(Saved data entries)
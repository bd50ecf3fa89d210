//! The parameters of authenticated encryption with AES.

ghost use Rattle.std.specs.Prelude.{◌≡◌, IfOk, refl};
ghost use Rattle.x509_der.specs.Integer.{natural_content};
ghost use Rattle.x509_der.specs.laws.Structure.{structure_lawful, structure_element};
ghost use Rattle.x509_keys_parts.specs.AesAuthEncParams.{AuthEncParams, auth_enc_parts, auth_enc_base, auth_enc};
ghost use Rattle.x509_keys_parts.specs.facts.AesAuthEncParams.{auth_enc_of, auth_enc_same};

use std::alloc::{AllocError, Allocator, Global};
use std::marker::Model;
use x509_der::parts::{
    Field, Join, One, Output, Reader, Ref, SEQUENCE_TAG, Sequence, Structure, Tagged, pass_fields,
    read_fields,
};
use x509_der::{CloneEq, FromDer, IntegerAsn1, OctetStringAsn1, ReadError, SameEq, ToDer, TooLong};

/// The parameters of authenticated encryption with AES: a nonce, and how many bytes the integrity check value has,
/// which is held as the content of an INTEGER.
///
/// # Encoding
/// `SEQUENCE { aes-nonce OCTET STRING, aes-ICVlen INTEGER }` (RFC 5084, 3.1 and 3.2). Both fields are demanded, and the
/// length is written also where it is 12. Any INTEGER is read.
#[derive(Drop)]
#[derive_where(Debug, PartialEq, Eq)]
#[derive_where(Clone; A: Copy)]
pub struct AesAuthEncParams<A: Allocator = Global> {
    nonce: OctetStringAsn1<A>,
    icv_len: IntegerAsn1<A>,
}

impl<A: Allocator> Model for AesAuthEncParams<A> {
    ghost use Rattle.x509_keys_parts.specs.AesAuthEncParams.{AuthEncParams};

    ghost Value = { AuthEncParams };

    ghost view = { λ v. record { nonce = v.nonce; icv_len = v.icv_len } };

    ghost inverse = { λ v. record { nonce = v.nonce; icv_len = v.icv_len } };
}

impl<A: Allocator> AesAuthEncParams<A> {
    /// A nonce, and how many bytes the integrity check value has. Takes memory once, for the length.
    ///
    /// # Errors
    /// `AllocError` where memory is refused; the nonce is dropped.
    pub fn new(alloc: A, nonce: Vec<u8, A>, icv_len: usize) -> Result<Self, AllocError>
        ensures { IfOk result (λ v. v ≡ record { nonce = nonce.items; icv_len = natural_content icv_len }) }
    {
        let icv_len = IntegerAsn1::from_u64(alloc, icv_len as u64)?;
        Ok(AesAuthEncParams {
            nonce: OctetStringAsn1(nonce),
            icv_len,
        })
    }

    /// The nonce.
    pub fn nonce(&self) -> &[u8]
        ensures { result.now ≡ self.now.nonce }
    {
        self.nonce.0.as_slice()
    }

    /// How many bytes the integrity check value has: the content of the INTEGER, a number in two's complement.
    pub fn icv_len(&self) -> &[u8]
        ensures { result.now ≡ self.now.icv_len }
    {
        self.icv_len.as_bytes()
    }
}

impl<A: Allocator + Copy> CloneEq for AesAuthEncParams<A> {
    ghost use Rattle.std.proofs.Common.{rules};

    ghost exact = { Prim.search (rules) };
}

impl<A: Allocator> SameEq for AesAuthEncParams<A> {
    fn decides() {
        OctetStringAsn1::<A>::decides();
        IntegerAsn1::<A>::decides();
    }
}

/// The fields as they stand in the SEQUENCE, owned or borrowed.
type Nest<N, I> = Tagged<Sequence, Join<N, One<I>>>;

/// The fields, owned.
type Fields<A> = Nest<OctetStringAsn1<A>, IntegerAsn1<A>>;

impl<A: Allocator> ToDer for AesAuthEncParams<A> {
    ghost strict = { λ v. auth_enc_base.strict (auth_enc_parts v) };

    fn put<O: Output>(&self, out: &mut [u8], at: usize) -> Result<usize, TooLong> {
        Nest::new(Join(Ref(&self.nonce), One(Ref(&self.icv_len)))).put::<O>(out, at)
    }
}

impl<A: Allocator> Structure<Fields<A>> for AesAuthEncParams<A> {
    ghost fields = { auth_enc_parts };

    fn from_fields(parts: Fields<A>) -> Self {
        let Join(nonce, One(icv_len)) = parts.into_inner();
        AesAuthEncParams { nonce, icv_len }
    }

    ghost same = { auth_enc_same };

    ghost made = { λ f. (auth_enc_of f, refl) };
}

impl<A: Allocator + Copy> Field<A> for AesAuthEncParams<A> {
    type Brief = ();

    ghost shape = { auth_enc };

    ghost brief = { λ v. tt };

    ghost lawful = { λ h. structure_lawful auth_enc_parts auth_enc_base auth_enc_same
        (⟦<Fields<A> as Field<A>>⟧.lawful (tt, tt, λ c h. refl)) };

    ghost elements = { λ h. structure_element auth_enc_parts auth_enc_base
        (⟦<Fields<A> as Field<A>>⟧.elements tt) };

    ghost agrees = { λ v. refl };

    fn starts(byte: u8) -> bool {
        byte == SEQUENCE_TAG
    }

    fn known(&self) {
        self.nonce.known();
        self.icv_len.known();
    }

    fn read(alloc: A, reader: &mut Reader<'_, A>) -> Result<Self, ReadError> {
        read_fields::<Self, Fields<A>, A>(alloc, reader)
    }

    fn pass(alloc: A, reader: &mut Reader<'_, A>) -> Result<(), ReadError> {
        pass_fields::<Self, Fields<A>, A>(alloc, reader)
    }
}

impl<A: Allocator + Copy> FromDer<A> for AesAuthEncParams<A> {
    ghost stands_alone = { (tt, tt) };
}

● **Task description**:
From the entries, report every line in which the string "integrity" occurs.

● **Result for this exercise**:
/// The parameters of authenticated encryption with AES: a nonce, and how many bytes the integrity check value has,
    /// A nonce, and how many bytes the integrity check value has. Takes memory once, for the length.
    /// How many bytes the integrity check value has: the content of the INTEGER, a number in two's complement.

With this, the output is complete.